If we are talking about the "outside" markets you simply have to look at recent downgrades by Goldman Sachs, who just downgraded the economies in both Germany and France, thinking that they are both going to fallback into a recession. In addition, JPMorgan came out and downgraded their growth estimates in Brazil. Moody's decided they needed to get involved and has now downgraded Italy as well. The bottom line is that the US seems to be doing better, but the rest of the world is now "going to hell in a hand basket."

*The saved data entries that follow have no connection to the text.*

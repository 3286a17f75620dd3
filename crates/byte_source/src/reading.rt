// Reads a source to its end.
ghost use Rattle.std.specs.Prelude.{◌≡◌, ◌<◌, ◌^◌};
ghost use Rattle.byte_source.specs.Reading.{most_bytes, ReadsUpTo, failures_after_reading};
ghost use Rattle.byte_source.specs.declared.reading.ReadFault.TheVariants.{Memory};

use crate::ByteSource;
use std::alloc::{AllocError, Global};
use thiserror::Error;

/// The most bytes of an input, a file or a stream: this project's own limit.
pub const MOST_BYTES: usize = 268_435_456;

/// Why a source was not read to its end.
#[derive(Clone, Copy, Debug, PartialEq, Eq, Error)]
pub enum ReadFault {
    /// An allocation failed.
    #[error("out of memory")]
    Memory,
    /// The source answered an error, of whatever kind.
    #[error("the reader failed")]
    ReadFailed,
    /// The source has more than `MOST_BYTES` bytes.
    #[error("more than {most} bytes", most = MOST_BYTES)]
    TooLong,
}

impl From<AllocError> for ReadFault {
    ghost from_gives = { λ _ fault. fault ≡ Memory };

    fn from(_: AllocError) -> Self {
        ReadFault::Memory
    }
}

/// Reads all bytes that the source has still to give.
///
/// It reads at most once for each byte and once more, and never after the end or an error. What it
/// holds grows with the bytes that came.
///
/// # Errors
/// - `ReadFailed` at the first error of the source, of whatever kind. No read is tried again.
/// - `TooLong` at the first byte after `MOST_BYTES`.
/// - `Memory` where an allocation failed. For a source that gives no byte nothing is allocated.
pub fn read_to_end<R: ByteSource>(alloc: Global, source: &mut R) -> Result<Vec<u8>, ReadFault>
    ensures read { ReadsUpTo most_bytes (R.to_come source.old) (R.to_come source.new)
        (R.reads source.old) (R.reads source.new) result }
    ensures failed { R.failures source.new
        ≡ failures_after_reading result (R.failures source.old) }
{
    read_up_to(alloc, source, MOST_BYTES)
}

fn read_up_to<R: ByteSource>(
    alloc: Global,
    source: &mut R,
    limit: usize,
) -> Result<Vec<u8>, ReadFault>
    requires { limit < 2 ^ 63 }
    ensures read { ReadsUpTo limit (R.to_come source.old) (R.to_come source.new)
        (R.reads source.old) (R.reads source.new) result }
    ensures failed { R.failures source.new
        ≡ failures_after_reading result (R.failures source.old) }
{
    let mut bytes = Vec::new(alloc);
    let mut buffer = [0u8; 65536];
    loop {
        let room = (limit + 1 - bytes.len()).min(buffer.len());
        let piece = &mut buffer[..room];
        match source.read(piece) {
            Err(_) => return Err(ReadFault::ReadFailed),
            Ok(0) => return Ok(bytes),
            Ok(count) => {
                if count > limit - bytes.len() {
                    return Err(ReadFault::TooLong);
                }
                bytes.extend_from_slice(&piece[..count])?;
            }
        }
    }
}
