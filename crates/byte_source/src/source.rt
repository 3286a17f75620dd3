// Where bytes come from: a reader by the bytes that it has left and the counts of its reads and
// failures.
ghost use Rattle.std.specs.Prelude.{◌≡◌, ◌≤◌, ℕ, List, Option, length, IfOk};
ghost use Rattle.std.specs.Io.KnownBytes.{ReadConsumes};
ghost use Rattle.usfm_export.specs.Counts.{one_more, failures_after};

use std::io;
use std::io::Read;
use usfm_export::within;

/// What bytes are read from.
///
/// Contracts speak of the bytes to come, where they are known, and of the counts of its reads and
/// of its failures. Both counts stay at `u64::MAX`.
pub trait ByteSource {
    /// The bytes still to come, where they are known.
    ghost to_come: { Self → Option (List ℕ) };

    /// How often the source was read.
    ghost reads: { Self → ℕ };

    /// How often a read answered an error, of whatever kind.
    ghost failures: { Self → ℕ };

    /// Reads some of the bytes to come to the front of the buffer, and answers how many.
    ///
    /// 0 bytes into a buffer that is not empty are the end.
    ///
    /// # Errors
    /// Whatever error the source meets. It has then given no byte.
    fn read(&mut self, buffer: &mut [u8]) -> io::Result<usize>
        ensures fits { IfOk result (λ count. count ≤ length buffer.new) }
        ensures bytes { ReadConsumes (to_come self.old) (to_come self.new) result buffer.new }
        ensures counted { reads self.new ≡ one_more (reads self.old) }
        ensures failed { failures self.new ≡ failures_after result (failures self.old) };
}

/// A reader of std as a source.
///
/// A reader that reports more bytes than the buffer holds has failed: the source answers an error
/// and counts it.
#[derive(Drop)]
pub struct StdSource<R> {
    reader: R,
    reads: u64,
    failures: u64,
}

impl<R: Read> StdSource<R> {
    /// The source of what the reader has left, not yet read.
    pub fn new(reader: R) -> Self
        ensures to_come { ⟦<StdSource<R> as ByteSource>⟧.to_come result ≡ R.remaining reader }
        ensures reads { ⟦<StdSource<R> as ByteSource>⟧.reads result ≡ 0 }
        ensures failures { ⟦<StdSource<R> as ByteSource>⟧.failures result ≡ 0 }
    {
        StdSource {
            reader,
            reads: 0,
            failures: 0,
        }
    }

    /// How often the source was read. The count stays at `u64::MAX`.
    pub fn reads(&self) -> u64
        ensures { result ≡ ⟦<StdSource<R> as ByteSource>⟧.reads self.now }
    {
        self.reads
    }

    /// How often a read answered an error. The count stays at `u64::MAX`.
    pub fn failures(&self) -> u64
        ensures { result ≡ ⟦<StdSource<R> as ByteSource>⟧.failures self.now }
    {
        self.failures
    }

    /// The reader, with what it has left.
    pub fn into_inner(self) -> R
        ensures { R.remaining result ≡ ⟦<StdSource<R> as ByteSource>⟧.to_come self }
    {
        let StdSource {
            reader,
            reads: _,
            failures: _,
        } = self;
        reader
    }
}

impl<R: Read> ByteSource for StdSource<R> {
    ghost to_come = { λ source. R.remaining source.reader };

    ghost reads = { λ source. source.reads };

    ghost failures = { λ source. source.failures };

    fn read(&mut self, buffer: &mut [u8]) -> io::Result<usize> {
        self.reads = self.reads.saturating_add(1);
        let answer = within(self.reader.read(buffer), buffer.len());
        if answer.is_err() {
            self.failures = self.failures.saturating_add(1);
        }
        answer
    }
}
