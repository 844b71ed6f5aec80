// Whether a production can be logged.
ghost use Rattle.std.specs.Prelude.{◌≡◌, ◌&&◌, IsTrue};
ghost use Rattle.std.specs.List.{list_all};
ghost use Rattle.bp_bates.specs.Spans.{largest_of};
ghost use Rattle.bp_matter.specs.Texts.{is_plain_character, is_text, is_text_character};
ghost use Rattle.bp_matter.specs.ValidEntries.{entry_fits};
ghost use Rattle.bp_matter.specs.ValidItems.{optional_fits};
ghost use Rattle.bp_freeze.specs.Log.{CanBeLogged, entry_stands, span_fits};

use crate::log::is_logged;
use bp_bates::{good_prefix, largest};
use bp_matter::{Item, Production, optional_fits};

/// Whether the production has a good prefix, spans of numbers up to the largest of its width, an
/// entry in each item that the log lists, and entries whose texts a call accepts.
pub fn can_be_logged(production: &Production) -> bool
    ensures fact { IsTrue result → CanBeLogged production.now }
    ensures back { CanBeLogged production.now → IsTrue result }
{
    let prefix = &production.request.prefix;
    if !good_prefix(&prefix.text, prefix.width) {
        return false;
    }
    let items = production.items.as_slice();
    spans_fit(largest(prefix.width), prefix.width, items) && entries_stand(items)
}

fn spans_fit(last: u64, width: u8, items: &[Item]) -> bool
    requires { last ≡ largest_of width }
    ensures { result ≡ list_all (span_fits width) items.now }
{
    let _width = width;
    items.iter().all(|item| span_fits(last, width, item))
}

fn span_fits(last: u64, width: u8, item: &Item) -> bool
    requires { last ≡ largest_of width }
    ensures { result ≡ span_fits width item.now }
{
    let _width = width;
    1 <= item.span.first && item.span.first <= last && 1 <= item.span.last && item.span.last <= last
}

fn entries_stand(items: &[Item]) -> bool
    ensures { result ≡ list_all entry_stands items.now }
{
    items.iter().all(|item| entry_stands(item))
}

fn entry_stands(item: &Item) -> bool
    ensures { result ≡ entry_stands item.now }
{
    (!is_logged(item) || item.entry.is_some()) && optional_fits(&item.entry)
}
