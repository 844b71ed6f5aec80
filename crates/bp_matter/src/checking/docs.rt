// Whether rows are the documents of a matter.
ghost use Rattle.std.specs.List.{list_all};
ghost use Rattle.std.specs.Prelude.{IsTrue, length, nat_le, ◌≡◌, ◌≤◌};
ghost use Rattle.bp_core.specs.Sorted.{ascends};
ghost use Rattle.bp_matter.specs.Written.{doc_written};
ghost use Rattle.bp_matter.specs.Matter.{doc_key};
ghost use Rattle.bp_matter.specs.Texts.{is_value};
ghost use Rattle.bp_matter.specs.ValidDocs.{DocFacts, are_families, doc_fits};

use super::numbers::{is_numbered, names};
use crate::limits::MAX_DOCUMENTS;
use crate::rows::DocRow;
use crate::texts::{is_id_of_doc, is_value};
use bp_core::Text;

fn are_families(docs: &[DocRow]) -> bool
    ensures { result ≡ are_families 1 docs.now }
{
    let mut before = 1;
    let mut rest = docs;
    while let Some((first, others)) = rest.split_first() {
        if first.parent != first.doc && first.parent.0 != before {
            return false;
        }
        before = first.parent.0;
        rest = others;
    }
    true
}

fn are_values(values: &[Text]) -> bool
    ensures { result ≡ list_all is_value values.now }
{
    values.iter().all(|text| is_value(text))
}

fn doc_fits(fields: usize, batches: usize, row: &DocRow) -> bool
    ensures { result ≡ doc_fits fields batches row.now }
{
    row.pages >= 1
        && row.values.len() <= fields
        && names(batches, row.batch)
        && is_id_of_doc(&row.id)
        && are_values(row.values.as_slice())
}

fn docs_fit(fields: usize, batches: usize, rows: &[DocRow]) -> bool
    ensures { result ≡ list_all (doc_fits fields batches) rows.now }
{
    rows.iter().all(|row| doc_fits(fields, batches, row))
}

fn docs_few(rows: &[DocRow]) -> bool
    ensures { result ≡ nat_le (length rows.now) MAX_DOCUMENTS }
{
    rows.len() <= MAX_DOCUMENTS
}

#[tactic(auto, using(crate::proofs::NumberedLemmas::orders))]
pub(crate) fn docs_valid(fields: usize, batches: usize, docs: &[DocRow]) -> bool
    requires written { IsTrue (list_all doc_written docs.now) }
    ensures order { IsTrue result → IsTrue (ascends doc_key 0 docs.now) }
    ensures few { IsTrue result → length docs.now ≤ MAX_DOCUMENTS }
    ensures fact { IsTrue result → DocFacts fields batches docs.now }
    ensures back { DocFacts fields batches docs.now → IsTrue result }
{
    if !is_numbered(docs, 1) {
        return false;
    }
    if !docs_few(docs) {
        return false;
    }
    if !are_families(docs) {
        return false;
    }
    docs_fit(fields, batches, docs)
}
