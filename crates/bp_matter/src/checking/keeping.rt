// Whether the prefix of each production is kept, with its width.
ghost use Rattle.std.specs.List.{list_all};
ghost use Rattle.std.specs.Prelude.{IfOk, ◌≡◌};
ghost use Rattle.bp_matter.specs.ValidProductions.{has_prefix};

use super::labels::text_bytes;
use crate::rows::{PrefixRow, ProductionRow};
use bp_core::OutOfMemory;
use std::alloc::Global;
use std::collections::BTreeSet;

// One look-up a row.
pub(crate) fn prefixes_kept(
    alloc: Global,
    prefixes: &[PrefixRow],
    productions: &[ProductionRow],
) -> Result<bool, OutOfMemory>
    ensures { IfOk result (λ kept. kept ≡ list_all (has_prefix prefixes.now) productions.now) }
{
    let mut kept = BTreeSet::new(alloc);
    let mut left = prefixes;
    while let Some((row, others)) = left.split_first() {
        let _new = kept.insert((text_bytes(&row.prefix.text), row.prefix.width))?;
        left = others;
    }
    let mut rest = productions;
    while let Some((first, more)) = rest.split_first() {
        let asked = &first.production.request.prefix;
        if !kept.contains(&(text_bytes(&asked.text), asked.width)) {
            return Ok(false);
        }
        rest = more;
    }
    Ok(true)
}
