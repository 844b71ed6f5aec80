// Whether rows are the batches of a matter.
ghost use Rattle.std.specs.List.{list_all, list_any};
ghost use Rattle.std.specs.Prelude.{IfOk, IsTrue, length, nat_le, ◌≡◌};
ghost use Rattle.std.specs.Str.{bytes_eq};
ghost use Rattle.bp_matter.specs.Written.{batch_written};
ghost use Rattle.bp_matter.specs.ValidBatches.{BatchFacts, batch_fits, batch_name};

use super::labels::BatchName;
use super::numbers::is_numbered;
use crate::limits::MAX_BATCHES;
use crate::rows::BatchRow;
use crate::texts::is_batch_name;
use bp_core::{OutOfMemory, Text, all_differ};
use std::alloc::Global;

fn batches_fit(rows: &[BatchRow]) -> bool
    ensures { result ≡ list_all batch_fits rows.now }
{
    rows.iter().all(|row| is_batch_name(&row.name))
}

fn batches_few(rows: &[BatchRow]) -> bool
    ensures { result ≡ nat_le (length rows.now) MAX_BATCHES }
{
    rows.len() <= MAX_BATCHES
}

pub(crate) fn batches_valid(alloc: Global, batches: &[BatchRow]) -> Result<bool, OutOfMemory>
    requires written { IsTrue (list_all batch_written batches.now) }
    ensures fact { IfOk result (λ good. IsTrue good → BatchFacts batches.now) }
    ensures back { IfOk result (λ good. BatchFacts batches.now → IsTrue good) }
{
    if !is_numbered(batches, 1) {
        return Ok(false);
    }
    if !batches_few(batches) {
        return Ok(false);
    }
    if !all_differ::<BatchName, _>(alloc, batches)? {
        return Ok(false);
    }
    Ok(batches_fit(batches))
}
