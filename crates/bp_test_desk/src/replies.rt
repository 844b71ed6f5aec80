// What the lead is told at a seat. A call and a reply are let go in one place each.
ghost use Rattle.std.specs.Prelude.{◌≡◌};
ghost use Rattle.bp_desk.specs.Seats.{IsSeatOf, SameSeat};

use crate::calls::box_of;
use crate::matters::KEY;
use bp_book::DeskRefusal;
use bp_desk::{Desk, Seat};
use bp_keep::MemKeeper;
use bp_matter::{Call, Production, Reply};
use sha2::{Digest, Sha256};
use std::alloc::Global;
use std::sync::Wait;
use std::test::Fail;

/// What tests look for in a reply.
#[derive(Clone, Copy)]
pub struct Told {
    pub is_done: bool,
    /// It is a document with box 1 and no other.
    pub has_box_1: bool,
}

/// Makes a call of the lead; what the reply tells.
pub fn make<R: Wait>(
    desk: &Desk<MemKeeper>,
    rt: &R,
    alloc: Global,
    seat: &mut Seat<MemKeeper>,
    call: Call,
) -> Result<Told, DeskRefusal>
    requires { IsSeatOf desk.now seat.old }
    ensures { SameSeat seat.old seat.new }
{
    let reply = reply_to(desk, rt, alloc, seat, call)?;
    Ok(told_of(&reply))
}

/// Makes a call of the lead; the production that is told.
pub fn produced<R: Wait>(
    desk: &Desk<MemKeeper>,
    rt: &R,
    alloc: Global,
    seat: &mut Seat<MemKeeper>,
    call: Call,
) -> Result<Production, Fail>
    requires { IsSeatOf desk.now seat.old }
    ensures { SameSeat seat.old seat.new }
{
    match reply_to(desk, rt, alloc, seat, call)? {
        Reply::Produced(production) => Ok(production),
        _ => Err(Fail::from("no production")),
    }
}

fn reply_to<R: Wait>(
    desk: &Desk<MemKeeper>,
    rt: &R,
    alloc: Global,
    seat: &mut Seat<MemKeeper>,
    call: Call,
) -> Result<Reply, DeskRefusal>
    requires { IsSeatOf desk.now seat.old }
    ensures { SameSeat seat.old seat.new }
{
    desk.call(rt, alloc, seat, &Sha256::digest(KEY), &call)
}

fn told_of(reply: &Reply) -> Told {
    match reply {
        Reply::Done => Told {
            is_done: true,
            has_box_1: false,
        },
        Reply::Doc(view) => Told {
            is_done: false,
            has_box_1: view.boxes.as_slice() == [box_of(1)].as_slice(),
        },
        _ => Told {
            is_done: false,
            has_box_1: false,
        },
    }
}
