// What a new request says by itself, and beside the names that are kept.
ghost use Rattle.std.specs.Prelude.{◌≡◌, ◌&&◌, IfOk, length, map, not};
ghost use Rattle.std.specs.List.{list_all, list_any};
ghost use Rattle.std.specs.Option.{option_copied};
ghost use Rattle.std.specs.Str.{bytes_eq};
ghost use Rattle.bp_matter.specs.Texts.{is_column_name};
ghost use Rattle.bp_matter.specs.ValidFields.{field_name};
ghost use Rattle.bp_freeze.specs.Freezing.{same_request};
ghost use Rattle.bp_freeze.specs.Refusals.{among, are_choosable, first_rule, is_range, is_taken, request_rules, rule_with, same_width};
ghost use Rattle.bp_freeze.specs.Seeing.{decisions_of};

use bp_bates::good_prefix;
use bp_core::{OutOfMemory, Rule, RuleKind, Text, texts_differ};
use bp_matter::texts::{is_column_name, is_id, is_volume};
use bp_matter::{FieldRow, PrefixRow, ProductionRow, Request, Tables};
use std::alloc::Global;

// The first rule that the request breaks before its documents are looked at.
pub(crate) fn request_refusal(
    alloc: Global,
    tables: &Tables,
    request: &Request,
) -> Result<Option<Rule>, OutOfMemory>
    ensures { IfOk result (λ rule. rule
        ≡ first_rule (request_rules (decisions_of tables.now.matter) request.now)) }
{
    if !good_prefix(&request.prefix.text, request.prefix.width) {
        return Ok(Some(Rule::bare(RuleKind::BadPrefix)));
    }
    if !(is_id(&request.id) && is_volume(&request.volume)) {
        return Ok(Some(Rule::bare(RuleKind::BadVolume)));
    }
    if is_taken(&tables.productions, &request.volume) {
        return Ok(Some(Rule::bare(RuleKind::VolumeTaken)));
    }
    if !are_choosable(alloc, request.fields.as_slice())? {
        return Ok(Some(Rule::bare(RuleKind::FieldChoice)));
    }
    if !are_fields(&tables.fields, request.fields.as_slice()) {
        return Ok(Some(Rule::bare(RuleKind::NoField)));
    }
    let prefix = tables.prefix_with(&request.prefix.text);
    if let Some(rule) = width_refusal(prefix, request.prefix.width) {
        return Ok(Some(rule));
    }
    if !is_range(tables, request) {
        return Ok(Some(Rule::bare(RuleKind::RangeEmpty)));
    }
    Ok(None)
}

// Whether a production has a volume of this name.
fn is_taken(productions: &[ProductionRow], volume: &Text) -> bool
    ensures { result ≡ is_taken productions.now volume.now }
{
    productions
        .iter()
        .any(|row| row.production.request.volume == *volume)
}

// Whether no field is chosen twice, and none has the name of a column of every load file.
fn are_choosable(alloc: Global, names: &[Text]) -> Result<bool, OutOfMemory>
    ensures { IfOk result (λ choosable. choosable ≡ are_choosable names.now) }
{
    if !texts_differ(alloc, names)? {
        return Ok(false);
    }
    Ok(!has_column(names))
}

fn has_column(names: &[Text]) -> bool
    ensures { result ≡ list_any is_column_name names.now }
{
    names.iter().any(|name| is_column_name(name))
}

// Whether each is the name of a field.
fn are_fields(fields: &[FieldRow], names: &[Text]) -> bool
    ensures { result ≡ list_all (among (map field_name fields.now)) names.now }
{
    names.iter().all(|name| has_field(fields, name))
}

fn has_field(fields: &[FieldRow], name: &Text) -> bool
    ensures { result ≡ among (map field_name fields.now) name.now }
{
    has_name(fields, name)
}

fn has_name(fields: &[FieldRow], name: &Text) -> bool
    ensures { result ≡ list_any (λ row. bytes_eq row.name name.now) fields.now }
{
    fields.iter().any(|row| row.name == *name)
}

// The rule of a prefix that is kept with another width.
fn width_refusal(prefix: Option<&PrefixRow>, width: u8) -> Option<Rule>
    ensures { result ≡ same_width (option_copied prefix.entry) width }
{
    match prefix {
        None => None,
        Some(row) => {
            let kept = row.prefix.width;
            if kept == width {
                None
            } else {
                Some(rule_with(RuleKind::PrefixDiffers, u64::from(kept)))
            }
        }
    }
}

// A rule that uses one value.
pub(crate) fn rule_with(kind: RuleKind, a: u64) -> Rule
    ensures { result ≡ rule_with kind a }
{
    Rule {
        a,
        ..Rule::bare(kind)
    }
}

// Whether the range has a document, and its documents are those of the matter.
fn is_range(tables: &Tables, request: &Request) -> bool
    ensures { result ≡ is_range request.now (length tables.now.matter.docs) }
{
    let from = request.from.0;
    let to = request.to.0;
    1 <= from && from <= to && to as usize <= tables.docs.len()
}

// Whether two requests ask for the same.
pub(crate) fn same_request(kept: &Request, asked: &Request) -> bool
    ensures { result ≡ same_request kept.now asked.now }
{
    kept.id == asked.id
        && kept.volume == asked.volume
        && kept.prefix.text == asked.prefix.text
        && kept.prefix.width == asked.prefix.width
        && kept.from.0 == asked.from.0
        && kept.to.0 == asked.to.0
        && kept.fields == asked.fields
}
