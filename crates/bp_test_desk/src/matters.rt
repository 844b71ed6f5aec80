// Keepers in memory of the matters that desks serve.
ghost use Rattle.std.specs.Prelude.{◌≡◌};

use crate::calls::{box_of, call_redact, put_box};
use bp_core::{Bytes, DocNo, NumberList, Role, Row, RowList, Text, ascends};
use bp_keep::MemKeeper;
use bp_matter::{Call, Tables};
use bp_rules::{begin, load_tables, step};
use sha2::{Digest, Sha256};
use std::alloc::{AllocError, Global};
use std::test::Fail;

/// What the lead of the matter presents.
pub const KEY: &[u8] = b"abc";

// The SHA-256 of the key of who confirms.
const SECOND: [u8; 32] = [2; 32];

// Document 1, its page of 8 by 1 pixels, its batch, and the words of the page: kinds, keys and bodies.
const DOCUMENT: [(u8, u32, u32, &[u8]); 4] = [
    (
        3,
        1,
        0,
        b"\x01\x01\0\0\0\x01\0\0\0\x01\0\0\0\x01\0\0\0D\0\0\0\0",
    ),
    (
        4,
        1,
        1,
        b"\x01\x08\0\0\0\x01\0\0\0\xC8\0\0\0\x01\0\0\0\xC8\0\0\0\x01\0\0\0\x02\x80\x08\0\x80",
    ),
    (
        11,
        1,
        0,
        b"\x01\0\0\0\0\0\0\0\0\0\0\0\0\0\0\0\0\0\0\0\0\0\0\0\0\0\0\0\0\0\0\0\0\0\0\0\0\0\0\0\0\x01\0\0\0B",
    ),
    (12, 1, 1, b"\x01\0\0\0\0"),
];

/// A new matter.
pub fn begun(alloc: Global) -> Result<MemKeeper, Fail> {
    over(alloc, begun_rows(alloc)?)
}

fn begun_rows(alloc: Global) -> Result<RowList, Fail> {
    let tables = begin(alloc, Sha256::digest(KEY))?;
    Ok(tables.rows(alloc)?)
}

// A keeper of these rows.
fn over(alloc: Global, rows: RowList) -> Result<MemKeeper, Fail> {
    if !ascends(rows.as_slice()) {
        return Err(Fail::from("rows out of order"));
    }
    Ok(MemKeeper::over(rows, NumberList::from_vec(Vec::new(alloc))))
}

/// A matter with document 1, which the lead called Redact.
pub fn called(alloc: Global) -> Result<MemKeeper, Fail> {
    let mut rows = begun_rows(alloc)?.into_vec();
    add_document(alloc, &mut rows)?;
    let mut keeper = over(alloc, RowList::from_vec(rows))?;
    make(alloc, &mut keeper, &Sha256::digest(KEY), call_redact(alloc))?;
    Ok(keeper)
}

fn add_document(alloc: Global, rows: &mut Vec<Row>) -> Result<(), AllocError> {
    for (kind, k1, k2, bytes) in DOCUMENT {
        let body = Bytes::from_vec(bytes.to_vec(alloc)?);
        rows.push(Row { kind, k1, k2, body })?;
    }
    Ok(())
}

/// The same, with one box, confirmed.
pub fn confirmed(alloc: Global) -> Result<MemKeeper, Fail> {
    let mut keeper = called(alloc)?;
    confirm_in(alloc, &mut keeper)?;
    Ok(keeper)
}

fn confirm_in(alloc: Global, keeper: &mut MemKeeper) -> Result<(), Fail> {
    let lead = Sha256::digest(KEY);
    make(alloc, keeper, &lead, second(alloc)?)?;
    make(alloc, keeper, &lead, put_box(box_of(1)))?;
    make(alloc, keeper, &SECOND, Call::Confirm { doc: DocNo(1) })
}

fn second(alloc: Global) -> Result<Call, AllocError> {
    Ok(Call::AddStaff {
        name: Text::from_string(String::from_str(alloc, "Ito")?),
        role: Role::Second,
        digest: SECOND,
    })
}

// The call, the tables and the reply are let go in one place each.
fn make(alloc: Global, keeper: &mut MemKeeper, key: &[u8; 32], call: Call) -> Result<(), Fail> {
    make_over(alloc, keeper, key, &call)
}

fn make_over(
    alloc: Global,
    keeper: &mut MemKeeper,
    key: &[u8; 32],
    call: &Call,
) -> Result<(), Fail> {
    let mut tables = load_tables(alloc, keeper)?;
    step_in(alloc, &mut tables, keeper, key, call)
}

fn step_in(
    alloc: Global,
    tables: &mut Tables,
    keeper: &mut MemKeeper,
    key: &[u8; 32],
    call: &Call,
) -> Result<(), Fail> {
    let _reply = step(alloc, tables, keeper, key, call)?;
    Ok(())
}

As I said in this morning’s report, we were due for some type of short-term bounce, which we got today. I still believe we are oversold, I am just not sold on the fact that the bottom is in. The winds in Europe may have shifted, but I promise that fire is still not out. Our best hope is for a better than expected US jobs report on Friday. If we can show that we have added 150,000 plus jobs the US stock market might really pop to the upside, US Treasuries could fall under some heavy pressure on reallocation, and we could end up with a little wind behind our sales. If the job data disappoints then all bets are off, and I would have to imagine we give back all of the short-term gains.
I continue to be hesitant trusting any rallies at this juncture. If you are a producer, I know your basis is beginning to jump, if you are thinking about selling some grain, I would get with your advisor and design a re-ownership strategy that fits your needs.